Sunday, March 10, 2013

The Bodhisattva of Mercy.

  Da Nang, Son Tra Peninsula, Vietnam.  Jan 2, 2013

Leaving my daughters fast asleep in the little villa, I head out before the sun rises and begin jogging upwards through mountain pathways into the jungle trees overlooking the South China Sea and the harbor beaches of Da Nang.
  High above me, on a hilltop beyond the tree line, stands an enormous white Buddha statue of a woman rising into the clouds, calling me forward.  Past the hissing snake dangling from the branches.  Over the babbling creek with  muddy glistening slope.  She is challenging me to reach her, even if I must climb on my hands and knees. 

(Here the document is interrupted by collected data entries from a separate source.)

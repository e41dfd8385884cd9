//! Keys of tables, and their order.

ghost use Rattle.std.specs.Prelude.{MatchBool};
ghost use Rattle.rc_rangetree.specs.Points.{IsBefore, IsAtOrAfter};

/// A key of a table. Points are ordered by table, and those of one table by key.
#[derive(Clone, Copy)]
pub struct Point {
    /// The table.
    pub table: u32,
    /// The key.
    pub key: u64,
}

impl Point {
    /// Whether this point comes before the other.
    pub fn is_before(self, other: Point) -> bool
        ensures { MatchBool result
            (IsBefore self.table self.key other)
            (IsAtOrAfter self.table self.key other) }
    {
        self.table < other.table || (self.table == other.table && self.key < other.key)
    }
}
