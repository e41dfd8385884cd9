//! Which tablet holds a key: the tablets of all tables as a search tree, in memory of any allocator.
//!
//! Whoever uses a `RangeTree` sees the list of its tablets, in order of table and first key, and of
//! each tablet how many forks lie above it: at most `MAX_FORKS`. Every call goes down by recursion,
//! and so does the release of a tree's memory. A change that would make a longer way down builds
//! the tree anew from its list, as flat as can be: 1,024 tablets then lie below 10 forks.
#![tactic(auto)]

pub mod limits;
mod nodes;
mod points;
mod ranges;
mod trees;

pub use ranges::are_tablets;
pub use trees::RangeTree;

  It’s a bit ironic, the Red Beach of Da Nang is where, on March 8th, 1965, the first American marines from the USS Henrico, Union, and Vancouver arrived and came ashore.  They were met by local officials and onlookers, even Vietnamese girls with flowery leis.  Apparently this display “appalled” General Westmoreland, the senior U.S. Military Commander in Saigon, who had hoped to deploy his soldiers without any fanfare.  But what did he expect, people not to show a little humble gratitude?

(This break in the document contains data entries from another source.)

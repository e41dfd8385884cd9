//! What a master has sent of its segments, and which of their replicas are open.

use crate::replicas::Replica;
use rc_types::{ServerId, Shared};
use std::alloc::{AllocError, Global};
use std::collections::HashMap;
use std::mem::replace;

/// An open replica of a segment.
#[derive(Clone, Copy)]
struct Open {
    host: u8,
    replica: Replica,
    /// The last start of the host at which it was named among those that are kept; 0 where there is none.
    named: usize,
}

/// A segment of a master.
#[derive(Drop)]
pub(crate) struct Segment {
    pub(crate) epoch: u16,
    /// Its members under this epoch, at most `MAX_FACTOR`.
    pub(crate) members: Vec<ServerId>,
    /// The members under the epoch before.
    before: Vec<ServerId>,
    /// The epoch under which a Close was last sent.
    closing: Option<u16>,
    /// Whether an entry of a recovered log was appended to it.
    pub(crate) replayed: bool,
    /// Its open replicas, one on each of some hosts.
    open: Vec<Open>,
}

impl Segment {
    /// It is placed at a backup, after it was opened.
    fn place(
        &mut self,
        alloc: Global,
        backup: ServerId,
        epoch: u16,
        closed: bool,
    ) -> Result<Placing, AllocError> {
        let changes = epoch > self.epoch;
        if changes {
            self.epoch = epoch;
            self.before = replace(&mut self.members, Vec::new(alloc));
        } else if self.members.contains(&backup) {
            return Ok(Placing::Other);
        }
        self.members.push(backup)?;
        Ok(if closed {
            Placing::Refill
        } else if epoch > 0 && !self.before.contains(&backup) {
            Placing::Replacement
        } else if changes {
            Placing::Change
        } else {
            Placing::Other
        })
    }

    /// It is closed: whether it was so under an earlier epoch.
    pub(crate) fn close(&mut self) -> bool {
        let last = self.closing.replace(self.epoch);
        last.is_some_and(|epoch| epoch < self.epoch)
    }

    /// What the host has told last of its open replica.
    pub(crate) fn open_at(&self, host: u8) -> Option<Replica> {
        let open = self.open.iter().find(|open| open.host == host)?;
        Some(open.replica)
    }

    /// The open replica of the host.
    fn open_at_mut(&mut self, host: u8) -> Option<&mut Open> {
        self.open.iter_mut().find(|open| open.host == host)
    }

    /// The host tells of its open replica: whether it does so first.
    pub(crate) fn open(&mut self, host: u8, replica: Replica) -> Result<bool, AllocError> {
        if let Some(open) = self.open_at_mut(host) {
            open.replica = replica;
            return Ok(false);
        }
        self.open.push(Open {
            host,
            replica,
            named: 0,
        })?;
        Ok(true)
    }

    /// The host has no open replica any more: whether it had one.
    pub(crate) fn lose(&mut self, host: u8) -> bool {
        let count = self.open.len();
        self.open.retain(|open| open.host != host);
        self.open.len() < count
    }

    /// At this start of the host its replica is named among those that are kept: whether it has an open one.
    pub(crate) fn name(&mut self, host: u8, start: usize) -> bool {
        match self.open_at_mut(host) {
            Some(open) => {
                open.named = start;
                true
            }
            None => false,
        }
    }

    /// Whether the host has an open replica that was named at this start.
    pub(crate) fn is_named(&self, host: u8, start: usize) -> bool {
        let mut open = self.open.iter();
        open.any(|open| open.host == host && open.named == start)
    }
}

/// What a Place is.
#[derive(Clone, Copy)]
pub(crate) enum Placing {
    /// Of a new head, to its first member, with a digest of an earlier one or not.
    Head,
    /// Under a new epoch, to the first member.
    Change,
    /// To a member that was none under the epoch before.
    Replacement,
    /// To a new member of a shut segment.
    Refill,
    /// Anything else.
    Other,
}

/// The segments of a master.
#[derive(Drop)]
pub(crate) struct Log {
    alloc: Global,
    /// Those that it has placed, from the first on.
    segments: Vec<Segment>,
    /// The version that was last appended, by table and key.
    versions: HashMap<(u32, u64), u64>,
}

impl Log {
    /// There are none.
    pub(crate) fn new(alloc: Global) -> Log {
        Log {
            alloc,
            segments: Vec::new(alloc),
            versions: HashMap::new(alloc),
        }
    }

    /// The greatest segment that was placed; 0 where none was.
    pub(crate) fn head(&self) -> u16 {
        u16::try_from(self.segments.len()).unwrap_or(u16::MAX)
    }

    /// What is known of a segment.
    pub(crate) fn segment(&self, seg: u16) -> Option<&Segment> {
        self.segments.get((seg as usize).checked_sub(1)?)
    }

    /// What is known of a segment.
    pub(crate) fn segment_mut(&mut self, seg: u16) -> Option<&mut Segment> {
        self.segments.get_mut((seg as usize).checked_sub(1)?)
    }

    /// A segment is placed at a backup. A master opens its segments one after another, so one that is not known is the
    /// next one.
    pub(crate) fn place(
        &mut self,
        backup: ServerId,
        seg: u16,
        epoch: u16,
        closed: bool,
    ) -> Result<Placing, AllocError> {
        let alloc = self.alloc;
        if let Some(segment) = self.segment_mut(seg) {
            return segment.place(alloc, backup, epoch, closed);
        }
        let mut members = Vec::new(alloc);
        members.push(backup)?;
        self.segments.push(Segment {
            epoch,
            members,
            before: Vec::new(alloc),
            closing: None,
            replayed: false,
            open: Vec::new(alloc),
        })?;
        Ok(Placing::Head)
    }

    /// Whether one of these segments has an entry of a recovered log.
    pub(crate) fn has_replayed(&self, digest: &Shared<u16>) -> bool {
        let mut segs = digest.as_slice().iter().map(|seg| self.segment(*seg));
        segs.any(|known| known.is_some_and(|segment| segment.replayed))
    }

    /// This version of a key is appended.
    pub(crate) fn append(&mut self, table: u32, key: u64, version: u64) -> Result<(), AllocError> {
        self.versions.insert((table, key), version)?;
        Ok(())
    }

    /// The version of the key that was appended last.
    pub(crate) fn version(&self, table: u32, key: u64) -> u64 {
        self.versions.get(&(table, key)).copied().unwrap_or(0)
    }
}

  After about an hour, drenched in sweat and caked in red mud, my knees cut up and dirt smeared over my face, I arrive at the temple site.  There are numerous colorful gates with inscriptions and etchings.  Forgotten stories and wise sayings.  Carvings of dragons and lotus ponds and sanctuaries and inner chambers.  Then, there is the statue herself.  Marvelously rising sixty-seven meters into the clouds, with multiple floors with small temple shrines, the Bodhisattva of Mercy, called a Kuan Yin, stands in perfect peace.
Old men were there sitting on benches and little uniformed school children were lining up outside the main entrance with their school teachers and moms.  It was then that it really dawned on me that  I’d taken the back way to the temple.  I was inappropriately dressed in running shorts covered in filth.  I tried walking around, blending in, but I was causing a scene.  Couples pointed at me and old women sneered.  It was time to go.  Crouching low beneath a tree, I stared up at the marbled goddess and winked a goodbye.  The best of women always know to forgive men who are on their hands and knees.